== Brief ==
Each entry below needs to be copied exactly, with nothing dropped.

== Stored data ==
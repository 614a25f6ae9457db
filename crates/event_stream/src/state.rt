//! Writing all that a machine holds.
ghost use Rattle.std.specs.Prelude.{◌≡◌, ◌+◌, ◌<◌, ◌≤◌, ◌/◌, ◌++◌, length};
ghost use Rattle.coherent_machine.specs.Machine.{IsReached};
ghost use Rattle.event_stream.specs.States as states;
ghost use Rattle.machine_model.specs.Ready.{line_count};
ghost use Rattle.text_fields.specs.Pages.{HasLineRoom, Spells};
ghost use Rattle.text_fields.specs.Writing.{Writes};
ghost use Rattle.tl_types.specs.Line.{bytes_of, length_of};

use crate::holding::{put_held, spell_bytes};
use crate::noting::put_noted;
use crate::waits::{line_address, size_of};
use coherent_machine::Machine;
use machine_model::sound_always;
use std::io::{Result, Write};
use text_fields::Page;
use tl_types::{LineData, LineSize};

/// Of memory's bytes those of its line of this number.
fn piece(size: LineSize, number: u32, bytes: &[u8]) -> &[u8]
    requires few { number < 65536 }
    requires inside { number < length bytes.now / length_of size }
    ensures { result.now ≡ states.piece size number bytes.now }
{
    let start = number as usize;
    match size {
        LineSize::Bytes16 => &bytes[start * 16..start * 16 + 16],
        LineSize::Bytes64 => &bytes[start * 64..start * 64 + 64],
    }
}

fn spell_data(page: &mut Page, line: u32, bytes: &LineData)
    requires { HasLineRoom page.old }
    ensures { page.new ≡ page.old ++ states.data_line line (bytes_of bytes.now) }
{
    page.text(b"D ");
    page.word(line);
    page.text(b" ");
    spell_bytes(page, bytes);
    page.text(b"\n");
}

/// A line of memory, where it is other than at reset.
fn spell_changed(page: &mut Page, line: u32, reset: &[u8], bytes: &LineData)
    requires { HasLineRoom page.old }
    ensures { page.new ≡ page.old ++ states.changed_line line reset.now (bytes_of bytes.now) }
{
    if bytes.as_slice() != reset {
        spell_data(page, line, bytes);
    }
}

fn spell_changed_at(page: &mut Page, machine: &Machine, number: u32)
    requires room { HasLineRoom page.old }
    requires few { number < 65536 }
    requires line { number < length machine.now.views.memory }
    requires image { number < line_count machine.now }
    ensures { page.new ≡ page.old ++ states.changed_at machine.now number }
{
    let size = size_of(machine);
    let reset = piece(size, number, machine.trace().image().bytes());
    let bytes = machine.views().memory().line(number);
    spell_changed(page, line_address(size, number), reset, &bytes);
}

/// The lines of memory that are other than at reset.
fn put_changed<W: Write>(page: &mut Page, out: &mut W, machine: &Machine) -> Result<()>
    requires { length machine.now.views.memory ≡ line_count machine.now }
    ensures { Spells (W.contents out.old) (W.contents out.new) page.old page.new (states.changed_lines machine.now) result }
{
    let count = machine.views().memory().line_count();
    let mut number = 0;
    while number < count {
        page.make_room(out)?;
        spell_changed_at(page, machine, number);
        number += 1;
    }
    Ok(())
}

/// Writes what a machine holds: its harts' registers, stores that wait, reservations, copies, requests and
/// messages, its manager's notes, and what memory has that it had not at reset. A write that takes no byte
/// is a writer's fault.
pub fn write_state<W: Write>(machine: &Machine, out: &mut W) -> Result<()>
    requires { IsReached machine.now }
    ensures { Writes (W.contents out.old) (W.contents out.new) (states.state_lines machine.now) result }
{
    sound_always();
    let mut page = Page::new();
    put_held(&mut page, out, machine)?;
    put_noted(&mut page, out, machine)?;
    put_changed(&mut page, out, machine)?;
    page.hand_on(out)
}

== Result of this exercise ==
repository 614a25f6ae9457db
filename crates/event_stream/src/state.rt
//! Writing all that a machine holds.
ghost use Rattle.std.specs.Prelude.{◌≡◌, ◌+◌, ◌<◌, ◌≤◌, ◌/◌, ◌++◌, length};
ghost use Rattle.coherent_machine.specs.Machine.{IsReached};
ghost use Rattle.event_stream.specs.States as states;
ghost use Rattle.machine_model.specs.Ready.{line_count};
ghost use Rattle.text_fields.specs.Pages.{HasLineRoom, Spells};
ghost use Rattle.text_fields.specs.Writing.{Writes};
ghost use Rattle.tl_types.specs.Line.{bytes_of, length_of};

use crate::holding::{put_held, spell_bytes};
use crate::noting::put_noted;
use crate::waits::{line_address, size_of};
use coherent_machine::Machine;
use machine_model::sound_always;
use std::io::{Result, Write};
use text_fields::Page;
use tl_types::{LineData, LineSize};

/// Of memory's bytes those of its line of this number.
fn piece(size: LineSize, number: u32, bytes: &[u8]) -> &[u8]
    requires few { number < 65536 }
    requires inside { number < length bytes.now / length_of size }
    ensures { result.now ≡ states.piece size number bytes.now }
{
    let start = number as usize;
    match size {
        LineSize::Bytes16 => &bytes[start * 16..start * 16 + 16],
        LineSize::Bytes64 => &bytes[start * 64..start * 64 + 64],
    }
}

fn spell_data(page: &mut Page, line: u32, bytes: &LineData)
    requires { HasLineRoom page.old }
    ensures { page.new ≡ page.old ++ states.data_line line (bytes_of bytes.now) }
{
    page.text(b"D ");
    page.word(line);
    page.text(b" ");
    spell_bytes(page, bytes);
    page.text(b"\n");
}

/// A line of memory, where it is other than at reset.
fn spell_changed(page: &mut Page, line: u32, reset: &[u8], bytes: &LineData)
    requires { HasLineRoom page.old }
    ensures { page.new ≡ page.old ++ states.changed_line line reset.now (bytes_of bytes.now) }
{
    if bytes.as_slice() != reset {
        spell_data(page, line, bytes);
    }
}

fn spell_changed_at(page: &mut Page, machine: &Machine, number: u32)
    requires room { HasLineRoom page.old }
    requires few { number < 65536 }
    requires line { number < length machine.now.views.memory }
    requires image { number < line_count machine.now }
    ensures { page.new ≡ page.old ++ states.changed_at machine.now number }
{
    let size = size_of(machine);
    let reset = piece(size, number, machine.trace().image().bytes());
    let bytes = machine.views().memory().line(number);
    spell_changed(page, line_address(size, number), reset, &bytes);
}

/// The lines of memory that are other than at reset.
fn put_changed<W: Write>(page: &mut Page, out: &mut W, machine: &Machine) -> Result<()>
    requires { length machine.now.views.memory ≡ line_count machine.now }
    ensures { Spells (W.contents out.old) (W.contents out.new) page.old page.new (states.changed_lines machine.now) result }
{
    let count = machine.views().memory().line_count();
    let mut number = 0;
    while number < count {
        page.make_room(out)?;
        spell_changed_at(page, machine, number);
        number += 1;
    }
    Ok(())
}

/// Writes what a machine holds: its harts' registers, stores that wait, reservations, copies, requests and
/// messages, its manager's notes, and what memory has that it had not at reset. A write that takes no byte
/// is a writer's fault.
pub fn write_state<W: Write>(machine: &Machine, out: &mut W) -> Result<()>
    requires { IsReached machine.now }
    ensures { Writes (W.contents out.old) (W.contents out.new) (states.state_lines machine.now) result }
{
    sound_always();
    let mut page = Page::new();
    put_held(&mut page, out, machine)?;
    put_noted(&mut page, out, machine)?;
    put_changed(&mut page, out, machine)?;
    page.hand_on(out)
}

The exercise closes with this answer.